Promises too are such wondrous
creatures in flight. And this world
that has issues with beauty
running wild just can’t wait
to see their annihilation. It watches
and cheers the one man hunt, who
with a stone, arrow or gun
breaks his promises to their bones, to
fountains of feathers like fireworks
gone the next second. I am all
for freedom. But not of the blind
kind. So my ribs will cage this bird
promise with the other beating flesh
imprisoned between. Because
I see now that it is not just
a figure of speech: keeping a promise
quite literally means,
to yourself, deep within.
For H, on the 137th day since I last saw your face. Tu me manques, mon ami.
I really want a cat.
The human hand can draw coastlines to set the boundaries distinguishing one Ocean from the next, but the water in it will flow in all direction to whichever shore it pleases nonetheless. So read or even write all the practical guide to Love there is or could possibly be. But Love, to an equal extent if not more than the Ocean, was never meant to be mapped out.
A love that is divine is limited only by the boundaries drawn by the hands of God. But I can’t think of any religion in which God drew any.

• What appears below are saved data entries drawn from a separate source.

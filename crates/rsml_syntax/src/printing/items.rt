ghost use Rattle.std.specs.Prelude.{OnOk};
ghost use Rattle.rsml_syntax.specs.declared.token.Mark.TheVariants as marks;
ghost use Rattle.rsml_syntax.specs.grammar.Grammar as grammar;
ghost use Rattle.rsml_syntax.specs.helpers.Printing.{Writes};
ghost use Rattle.rsml_syntax.specs.text.Tokens.{Tokens};

use super::printer::Printer;
use crate::token::Mark;
use rsml_base::NoMemory;

/// What is written as tokens.
pub(crate) trait Print {
    ghost tokens: { Self → Tokens → Tokens };

    fn print(&self, printer: &mut Printer) -> Result<(), NoMemory>
        ensures { OnOk result (Writes printer.old printer.new (tokens self.now)) };
}

/// One after another.
pub(crate) fn print_each<T: Print>(items: &[T], printer: &mut Printer) -> Result<(), NoMemory>
    ensures { OnOk result (Writes printer.old printer.new (grammar.each T.tokens items.now)) }
{
    for item in items {
        item.print(printer)?;
    }
    Ok(())
}

/// Each after the mark.
fn print_each_after<T: Print>(
    mark: Mark,
    items: &[T],
    printer: &mut Printer,
) -> Result<(), NoMemory>
    ensures { OnOk result (Writes printer.old printer.new (grammar.each_after mark T.tokens items.now)) }
{
    for item in items {
        printer.mark(mark)?;
        item.print(printer)?;
    }
    Ok(())
}

/// With the mark between each two.
pub(crate) fn print_separated<T: Print>(
    mark: Mark,
    items: &[T],
    printer: &mut Printer,
) -> Result<(), NoMemory>
    ensures { OnOk result (Writes printer.old printer.new (grammar.separated mark T.tokens items.now)) }
{
    match items.split_first() {
        Some((first, others)) => {
            first.print(printer)?;
            print_each_after(mark, others, printer)
        }
        None => Ok(()),
    }
}

/// One after another in braces.
pub(crate) fn print_block<T: Print>(items: &[T], printer: &mut Printer) -> Result<(), NoMemory>
    ensures { OnOk result (Writes printer.old printer.new (λ rest.
        grammar.mark marks.OpenBrace (grammar.each T.tokens items.now (grammar.mark marks.CloseBrace rest)))) }
{
    printer.mark(Mark::OpenBrace)?;
    print_each(items, printer)?;
    printer.mark(Mark::CloseBrace)
}

/// With commas between them in braces.
pub(crate) fn print_members<T: Print>(items: &[T], printer: &mut Printer) -> Result<(), NoMemory>
    ensures { OnOk result (Writes printer.old printer.new (λ rest.
        grammar.mark marks.OpenBrace (grammar.separated marks.Comma T.tokens items.now (grammar.mark marks.CloseBrace rest)))) }
{
    printer.mark(Mark::OpenBrace)?;
    print_separated(Mark::Comma, items, printer)?;
    printer.mark(Mark::CloseBrace)
}

/// With commas between them in parentheses.
pub(crate) fn print_arguments<T: Print>(items: &[T], printer: &mut Printer) -> Result<(), NoMemory>
    ensures { OnOk result (Writes printer.old printer.new (λ rest.
        grammar.mark marks.OpenParen (grammar.separated marks.Comma T.tokens items.now (grammar.mark marks.CloseParen rest)))) }
{
    printer.mark(Mark::OpenParen)?;
    print_separated(Mark::Comma, items, printer)?;
    printer.mark(Mark::CloseParen)
}
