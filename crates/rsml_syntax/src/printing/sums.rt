ghost use Rattle.std.specs.Prelude.{OnOk};
ghost use Rattle.rsml_syntax.specs.grammar.Grammar as grammar;
ghost use Rattle.rsml_syntax.specs.helpers.Printing.{Writes};

use super::items::{Print, print_each};
use super::printer::Printer;
use crate::syntax::{Amount, Index, Initial, Mention, Operand, Signed, Sum, Term};
use crate::token::{Mark, Word};
use rsml_base::{NoMemory, Text};

impl Print for Text {
    ghost tokens = { grammar.name };

    fn print(&self, printer: &mut Printer) -> Result<(), NoMemory> {
        printer.name(self)
    }
}

impl Print for Signed {
    ghost tokens = { grammar.signed };

    fn print(&self, printer: &mut Printer) -> Result<(), NoMemory> {
        if self.minus {
            printer.mark(Mark::Minus)?;
        }
        printer.number(self.digits)
    }
}

impl Print for Amount {
    ghost tokens = { grammar.amount };

    fn print(&self, printer: &mut Printer) -> Result<(), NoMemory> {
        match self {
            Amount::Number(number) => printer.number(*number),
            Amount::Name(name) => printer.name(name),
        }
    }
}

impl Print for Index {
    ghost tokens = { grammar.index };

    fn print(&self, printer: &mut Printer) -> Result<(), NoMemory> {
        match self {
            Index::Number(number) => printer.number(*number),
            Index::Name(name) => printer.name(name),
            Index::This => printer.word(Word::This),
        }
    }
}

impl Print for Mention {
    ghost tokens = { grammar.mention };

    fn print(&self, printer: &mut Printer) -> Result<(), NoMemory> {
        printer.name(&self.name)?;
        if let Some(index) = &self.index {
            printer.mark(Mark::OpenBracket)?;
            index.print(printer)?;
            printer.mark(Mark::CloseBracket)?;
        }
        Ok(())
    }
}

impl Print for Initial {
    ghost tokens = { grammar.initial };

    fn print(&self, printer: &mut Printer) -> Result<(), NoMemory> {
        match self {
            Initial::Number(number) => number.print(printer),
            Initial::Name(name) => printer.name(name),
        }
    }
}

/// The size in brackets, if there is one.
pub(crate) fn print_size(size: &Option<Amount>, printer: &mut Printer) -> Result<(), NoMemory>
    ensures { OnOk result (Writes printer.old printer.new (grammar.size size.now)) }
{
    if let Some(amount) = size {
        printer.mark(Mark::OpenBracket)?;
        amount.print(printer)?;
        printer.mark(Mark::CloseBracket)?;
    }
    Ok(())
}

impl Print for Operand {
    ghost tokens = { grammar.operand };

    fn print(&self, printer: &mut Printer) -> Result<(), NoMemory> {
        match self {
            Operand::Number(number) => printer.number(*number),
            Operand::Mention(mention) => mention.print(printer),
            Operand::Previous(mention) => {
                printer.word(Word::Previous)?;
                mention.print(printer)
            }
        }
    }
}

/// A term after the first, with its sign.
impl Print for Term {
    ghost tokens = { grammar.later_term };

    fn print(&self, printer: &mut Printer) -> Result<(), NoMemory> {
        if self.minus {
            printer.mark(Mark::Minus)?;
        } else {
            printer.mark(Mark::Plus)?;
        }
        self.operand.print(printer)
    }
}

fn print_first_term(term: &Term, printer: &mut Printer) -> Result<(), NoMemory>
    ensures { OnOk result (Writes printer.old printer.new (grammar.first_term term.now)) }
{
    if term.minus {
        printer.mark(Mark::Minus)?;
    }
    term.operand.print(printer)
}

impl Print for Sum {
    ghost tokens = { grammar.sum };

    fn print(&self, printer: &mut Printer) -> Result<(), NoMemory> {
        match self.terms.as_slice().split_first() {
            Some((first, others)) => {
                print_first_term(first, printer)?;
                print_each(others, printer)
            }
            None => Ok(()),
        }
    }
}
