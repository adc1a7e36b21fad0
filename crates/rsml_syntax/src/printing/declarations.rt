ghost use Rattle.std.specs.Prelude.{OnOk};
ghost use Rattle.rsml_syntax.specs.grammar.Grammar as grammar;
ghost use Rattle.rsml_syntax.specs.helpers.Printing.{Writes};

use super::items::{Print, print_arguments, print_block, print_members};
use super::printer::Printer;
use super::sums::print_size;
use crate::syntax::{Amount, Answer, Case, Decl, Initial, Mention, SendCase, Signed, Value};
use crate::token::{Mark, Word};
use rsml_base::{List, NoMemory, Text};

impl Print for Case {
    ghost tokens = { grammar.case_of };

    fn print(&self, printer: &mut Printer) -> Result<(), NoMemory> {
        self.value.print(printer)?;
        self.guard.print(printer)?;
        printer.mark(Mark::Semicolon)
    }
}

impl Print for Value {
    ghost tokens = { grammar.value };

    fn print(&self, printer: &mut Printer) -> Result<(), NoMemory> {
        match self {
            Value::Sum(sum) => sum.print(printer),
            Value::Function(function) => {
                printer.word(Word::Function)?;
                function.print(printer)
            }
        }
    }
}

impl Print for Answer {
    ghost tokens = { grammar.answer };

    fn print(&self, printer: &mut Printer) -> Result<(), NoMemory> {
        match self {
            Answer::Quiet => printer.word(Word::Quiet),
            Answer::Values(values) => print_arguments(values.as_slice(), printer),
        }
    }
}

impl Print for SendCase {
    ghost tokens = { grammar.send_case };

    fn print(&self, printer: &mut Printer) -> Result<(), NoMemory> {
        printer.word(Word::On)?;
        self.trigger.print(printer)?;
        self.guard.print(printer)?;
        self.answer.print(printer)?;
        printer.mark(Mark::Semicolon)
    }
}

fn print_range(
    name: &Text,
    low: &Signed,
    high: &Signed,
    printer: &mut Printer,
) -> Result<(), NoMemory>
    ensures { OnOk result (Writes printer.old printer.new (grammar.declaration (Decl.Range name.now low.now high.now))) }
{
    printer.word(Word::Range)?;
    printer.name(name)?;
    low.print(printer)?;
    printer.mark(Mark::DotDot)?;
    high.print(printer)?;
    printer.mark(Mark::Semicolon)
}

fn print_constant(name: &Text, value: &Signed, printer: &mut Printer) -> Result<(), NoMemory>
    ensures { OnOk result (Writes printer.old printer.new (grammar.declaration (Decl.Constant name.now value.now))) }
{
    printer.word(Word::Constant)?;
    printer.name(name)?;
    printer.mark(Mark::Equal)?;
    value.print(printer)?;
    printer.mark(Mark::Semicolon)
}

/// The word, the name and the size that a declaration begins with.
fn print_heading(
    word: Word,
    name: &Text,
    size: &Option<Amount>,
    printer: &mut Printer,
) -> Result<(), NoMemory>
    ensures { OnOk result (Writes printer.old printer.new (λ rest. grammar.word word (grammar.name name.now (grammar.size size.now rest)))) }
{
    printer.word(word)?;
    printer.name(name)?;
    print_size(size, printer)
}

fn print_input(
    name: &Text,
    size: &Option<Amount>,
    kind: &Text,
    initial: &Initial,
    printer: &mut Printer,
) -> Result<(), NoMemory>
    ensures { OnOk result (Writes printer.old printer.new (grammar.declaration (Decl.Input name.now size.now kind.now initial.now))) }
{
    print_heading(Word::Input, name, size, printer)?;
    printer.mark(Mark::Colon)?;
    printer.name(kind)?;
    printer.mark(Mark::Equal)?;
    initial.print(printer)?;
    printer.mark(Mark::Semicolon)
}

fn print_receive(
    name: &Text,
    size: &Option<Amount>,
    inputs: &List<Mention>,
    raised: &Mention,
    printer: &mut Printer,
) -> Result<(), NoMemory>
    ensures { OnOk result (Writes printer.old printer.new (grammar.declaration (Decl.Receive name.now size.now inputs.now raised.now))) }
{
    print_heading(Word::Receive, name, size, printer)?;
    print_arguments(inputs.as_slice(), printer)?;
    printer.word(Word::Raise)?;
    raised.print(printer)?;
    printer.mark(Mark::Semicolon)
}

fn print_send(
    name: &Text,
    size: &Option<Amount>,
    fields: &List<Text>,
    cases: &List<SendCase>,
    printer: &mut Printer,
) -> Result<(), NoMemory>
    ensures { OnOk result (Writes printer.old printer.new (grammar.declaration (Decl.Send name.now size.now fields.now cases.now))) }
{
    print_heading(Word::Send, name, size, printer)?;
    print_arguments(fields.as_slice(), printer)?;
    print_block(cases.as_slice(), printer)
}

impl Print for Decl {
    ghost tokens = { grammar.declaration };

    fn print(&self, printer: &mut Printer) -> Result<(), NoMemory> {
        match self {
            Decl::Enumeration { name, values } => {
                print_heading(Word::Enumeration, name, &None, printer)?;
                print_members(values.as_slice(), printer)
            }
            Decl::Range { name, low, high } => print_range(name, low, high, printer),
            Decl::Constant { name, value } => print_constant(name, value, printer),
            Decl::Input {
                name,
                size,
                kind,
                initial,
            } => print_input(name, size, kind, initial, printer),
            Decl::Event { name, size } => {
                print_heading(Word::Event, name, size, printer)?;
                printer.mark(Mark::Semicolon)
            }
            Decl::Macro { name, size, rows } => {
                print_heading(Word::Macro, name, size, printer)?;
                print_block(rows.as_slice(), printer)
            }
            Decl::Function { name, size, cases } => {
                print_heading(Word::Function, name, size, printer)?;
                print_block(cases.as_slice(), printer)
            }
            Decl::Receive {
                name,
                size,
                inputs,
                raised,
            } => print_receive(name, size, inputs, raised, printer),
            Decl::Send {
                name,
                size,
                fields,
                cases,
            } => print_send(name, size, fields, cases, printer),
        }
    }
}
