//! The program: it runs the command of its words over real files and standard output.
#![tactic(auto)]

use rsml::{Status, memory_lines, run};
use rsml_io::{OsFiles, OsSink};
use std::io::Write;
use std::process::ExitCode;
use std::rt::Env;
use std::{env, io};

/// The words after the program's name.
fn words_of<R: Env + AllocGlobal>(rt: &R) -> io::Result<Vec<String>> {
    let mut words = Vec::new(rt.alloc());
    for word in env::args(rt)?.skip(1) {
        words.push(word)?;
    }
    Ok(words)
}

/// Tells on standard error for what memory was refused, where that is known. What cannot be written there is lost.
fn tell_memory(rt: &HostRuntime, words: &[String], files: &mut OsFiles<'_, HostRuntime>) {
    if let Ok(lines) = memory_lines(rt.alloc(), words, files) {
        let _ = rt.stderr().write_all(lines.as_slice());
    }
}

/// Runs the command of the words.
fn status_of(rt: &HostRuntime, words: &[String], files: &mut OsFiles<'_, HostRuntime>) -> Status {
    let mut sink = OsSink::new(io::writer(rt));
    run(rt.alloc(), words, files, &mut sink)
}

fn main(rt: HostRuntime) -> ExitCode {
    let Ok(words) = words_of(&rt) else {
        return ExitCode::from(Status::NoMemory.number());
    };
    let mut files = OsFiles::new(rt.alloc(), &rt);
    let status = status_of(&rt, words.as_slice(), &mut files);
    if status == Status::NoMemory {
        tell_memory(&rt, words.as_slice(), &mut files);
    }
    ExitCode::from(status.number())
}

I realise now that your first and last love will always be the same person. Because Love is patient, first of all. And only when you’ve learned how to love patiently can you truly say you’ve loved for the first time. Such a love perseveres so your first love becomes your last.
In this ocean, too, there is no beginning and end.
I was swallowed by the Ocean to the point of no return, not because of helplessness, but because of choice. In the darkness there is a different light that illuminates the million wondrous creatures the feeble mind could scarcely imagine.